Los tacos son de barbacoa, con doble tortilla. En cada taco Pepín sirve la carne que agarren sus cuatro dedos estirados y el pulgar, aunque a los clientes preferentes siempre nos da un poco más. El consomé tiene garbanzos y trozos pequeños de carne; se acompañan con cebolla, cilantro y salsa roja o verde.
Tras tras tras tras, suena el peso del cuchillo cebollero sobre la carne y la madera. Ras. Ras.Ras, la cuña de metal raspa la carne lista para los tacos.
Pepín o doña Mari venden sólo los viernes y sábados, de las 6 de la tarde hasta las 9 de la noche aunque muchas veces a las 8 ya están recogiendo. Doce kilos los viernes y nomás ocho los sábados.
Yo soy el cliente de los viernes. Cuando llego, saludo y pido tres con todo, un consomé y un Boing de mango que me van a comprar a La Barca de Oro, la tienda de abarrotes del barrio que queda a unos pasos de ahí.
Atrás del puesto, a pocos metros y sobre la jardinera se amontonan algunas personas que a veces son más sombras que hombres: platican, beben y esconden la caguama detrás de sus pies cuando la patrulla pasa frente a ellos y disminuye la velocidad.
–Métale usted al consomé tres diablos con todo y cuernos –le dije una vez a doña Mari. Desde entonces, cuando me ve llegar sube la llama al perol del caldo…
Yo tengo tres años de conocer a doña Mari y a Pepín, pero nuestro diálogo siempre se había concretado en ser yo el cliente y ellos los prestadores de servicio.
Una noche llegué a cenar los tres de rigor, mi consomé y mi Boing. Las dos mesas estaban ocupadas pero uno de los comensales acabó y yo ocupé el lugar.

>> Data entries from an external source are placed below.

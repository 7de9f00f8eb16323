//! Facts are a lattice, part by part.

ghost use Rattle.std.specs.Prelude.{◌≡◌, ◌↔◌, IsTrue, IfOk, length};
ghost use Rattle.std.specs.List.{AllZip};
ghost use Rattle.cc_lattice.specs.Tables.{AreJoins};
ghost use Rattle.cc_places.specs.Abstract.{AreOfOneKind};
ghost use Rattle.cc_state_facts.specs.Orders.{AreAlike, IsBelow, AreMarksBelow, AreLevelSetsBelow, AreSetsBelow, AreKnownAlike, IsKnownBelow, AreSetJoins, IsMarkJoin, IsLevelJoin, IsKnownJoin, AreJoined};
ghost use Rattle.cc_state_facts.specs.laws.OrderLaws.{alike_with_itself, alike_both_ways, below_with_itself, below_in_turn, facts_same};

use crate::facts::{Facts, Key, PointFact};
use crate::marks::{are_levels_below, are_marks_below, level_joins, mark_joins};
use crate::points::{are_known_below, known_joins};
use crate::sets::{are_below, joins};
use cc_lattice::{IntDomain, Lattice};
use cc_places::Abs;
use cc_program::num::{List, NoMemory};
use std::alloc::Global;

impl<I: IntDomain> Lattice for Facts<I> {
    ghost AreAlike = { AreAlike };

    ghost IsBelow = { IsBelow I.IsBelow };

    fn below(&self, other: &Facts<I>) -> bool {
        has_all_values(self, other) && has_all_marks(self, other) && has_all_levels(self, other)
    }

    fn join(&self, alloc: Global, other: &Facts<I>) -> Result<Facts<I>, NoMemory> {
        let mut both = Facts {
            keys: List::of(Vec::new(alloc)),
            whole: List::of(Vec::new(alloc)),
            results: List::of(Vec::new(alloc)),
            by_main: List::of(Vec::new(alloc)),
            by_handler: List::of(Vec::new(alloc)),
            levels: List::of(Vec::new(alloc)),
            from: List::of(Vec::new(alloc)),
            handler_reads: List::of(Vec::new(alloc)),
            handler_writes: List::of(Vec::new(alloc)),
            read_levels: List::of(Vec::new(alloc)),
            write_levels: List::of(Vec::new(alloc)),
            at: List::of(Vec::new(alloc)),
        };
        join_parts(alloc, self, other, &mut both)?;
        Ok(both)
    }

    ghost alike_itself = { alike_with_itself };

    ghost alike_back = { alike_both_ways };

    ghost below_itself = { λ x h. below_with_itself I.AreAlike I.IsBelow I.below_itself I.all_alike x h };

    ghost below_through = { λ x y z _ _ _ a b. below_in_turn I.AreAlike I.IsBelow I.below_through I.all_alike x y z a b };

    ghost below_both_ways = { λ x y h a b. facts_same I.AreAlike I.IsBelow I.below_both_ways I.all_alike x y h a b };
}

/// Whether other facts have all values of some.
fn has_all_values<I: IntDomain>(facts: &Facts<I>, other: &Facts<I>) -> bool
    requires { AreAlike facts.now other.now }
    ensures { IsTrue result ↔ (AreSetsBelow I.IsBelow facts.now.whole other.now.whole × AreSetsBelow I.IsBelow facts.now.results other.now.results ×
        AllZip (IsKnownBelow I.IsBelow) facts.now.at other.now.at) }
{
    are_below(facts.whole.all(), other.whole.all())
        && are_below(facts.results.all(), other.results.all())
        && are_known_below(facts.at.all(), other.at.all())
}

/// Whether other facts have all marks of some.
fn has_all_marks<I>(facts: &Facts<I>, other: &Facts<I>) -> bool
    requires { AreAlike facts.now other.now }
    ensures { IsTrue result ↔ (AreMarksBelow facts.now.by_main other.now.by_main × AreMarksBelow facts.now.by_handler other.now.by_handler ×
        AreMarksBelow facts.now.handler_reads other.now.handler_reads × AreMarksBelow facts.now.handler_writes other.now.handler_writes) }
{
    are_marks_below(facts.by_main.all(), other.by_main.all())
        && are_marks_below(facts.by_handler.all(), other.by_handler.all())
        && are_marks_below(facts.handler_reads.all(), other.handler_reads.all())
        && are_marks_below(facts.handler_writes.all(), other.handler_writes.all())
}

/// Whether other facts have all levels of some.
fn has_all_levels<I>(facts: &Facts<I>, other: &Facts<I>) -> bool
    requires { AreAlike facts.now other.now }
    ensures { IsTrue result ↔ (AreLevelSetsBelow facts.now.levels other.now.levels × AreLevelSetsBelow facts.now.from other.now.from ×
        AreLevelSetsBelow facts.now.read_levels other.now.read_levels × AreLevelSetsBelow facts.now.write_levels other.now.write_levels) }
{
    are_levels_below(facts.levels.all(), other.levels.all())
        && are_levels_below(facts.from.all(), other.from.all())
        && are_levels_below(facts.read_levels.all(), other.read_levels.all())
        && are_levels_below(facts.write_levels.all(), other.write_levels.all())
}

/// Writes the parts of two facts together.
fn join_parts<I: IntDomain>(
    alloc: Global,
    facts: &Facts<I>,
    other: &Facts<I>,
    both: &mut Facts<I>,
) -> Result<(), NoMemory>
    requires { AreAlike facts.now other.now }
    ensures { IfOk result (λ _. AreJoined I.IsBelow facts.now other.now both.new) }
{
    both.keys = copied(alloc, &facts.keys)?;
    both.whole = joined_sets(alloc, &facts.whole, &other.whole)?;
    both.results = joined_sets(alloc, &facts.results, &other.results)?;
    both.by_main = joined_marks(alloc, &facts.by_main, &other.by_main)?;
    both.by_handler = joined_marks(alloc, &facts.by_handler, &other.by_handler)?;
    both.levels = joined_levels(alloc, &facts.levels, &other.levels)?;
    both.from = joined_levels(alloc, &facts.from, &other.from)?;
    both.handler_reads = joined_marks(alloc, &facts.handler_reads, &other.handler_reads)?;
    both.handler_writes = joined_marks(alloc, &facts.handler_writes, &other.handler_writes)?;
    both.read_levels = joined_levels(alloc, &facts.read_levels, &other.read_levels)?;
    both.write_levels = joined_levels(alloc, &facts.write_levels, &other.write_levels)?;
    both.at = joined_points(alloc, &facts.at, &other.at)?;
    Ok(())
}

/// A copy of keys.
fn copied(alloc: Global, keys: &List<Key>) -> Result<List<Key>, NoMemory>
    ensures { IfOk result (λ copy. copy ≡ keys.now) }
{
    Ok(List::of(keys.all().iter().copied().collect(alloc)?))
}

fn joined_sets<I: IntDomain>(
    alloc: Global,
    sets: &List<Abs<I>>,
    others: &List<Abs<I>>,
) -> Result<List<Abs<I>>, NoMemory>
    requires { AllZip AreOfOneKind sets.now others.now }
    ensures { IfOk result (λ both. AreSetJoins I.IsBelow sets.now others.now both) }
{
    Ok(List::of(joins(alloc, sets.all(), others.all())?))
}

fn joined_marks(
    alloc: Global,
    marks: &List<bool>,
    others: &List<bool>,
) -> Result<List<bool>, NoMemory>
    requires { length marks.now ≡ length others.now }
    ensures { IfOk result (λ both. AreJoins IsMarkJoin marks.now others.now both) }
{
    Ok(List::of(mark_joins(alloc, marks.all(), others.all())?))
}

fn joined_levels(alloc: Global, sets: &List<u8>, others: &List<u8>) -> Result<List<u8>, NoMemory>
    requires { length sets.now ≡ length others.now }
    ensures { IfOk result (λ both. AreJoins IsLevelJoin sets.now others.now both) }
{
    Ok(List::of(level_joins(alloc, sets.all(), others.all())?))
}

fn joined_points<I: IntDomain>(
    alloc: Global,
    points: &List<Option<PointFact<I>>>,
    others: &List<Option<PointFact<I>>>,
) -> Result<List<Option<PointFact<I>>>, NoMemory>
    requires { AllZip AreKnownAlike points.now others.now }
    ensures { IfOk result (λ both. AreJoins (IsKnownJoin I.IsBelow) points.now others.now both) }
{
    Ok(List::of(known_joins(alloc, points.all(), others.all())?))
}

Mientras comía, vi de reojo que doña Mari me miraba. Se acercó para preguntar si me faltaba algo, mientras corría a los perros callejeros que parecían tiburones rondando nuestra mesa:
–No, gracias, estoy bien– le dije.
Doña Mari seguía dando vueltas y no me apartaba la vista… Por fin, se acercó y, sin importar que hubiera tres personas más, muy bajito, me preguntó:
–¿Quiere que le traiga un hueso. Queda uno con carnita?
Lo pensé mucho. Contuve mi respuesta porque si decía inmediatamente que no, ella se podría ofender. Una vez calculado el peso de mi contestación le respondí casi susurrando.
-No, muchas gracias; no tenía yo mucha hambre pero, ya ve, me comí cuatro tacos y estuvieron exquisitos.
Y doña Mari me sonrió.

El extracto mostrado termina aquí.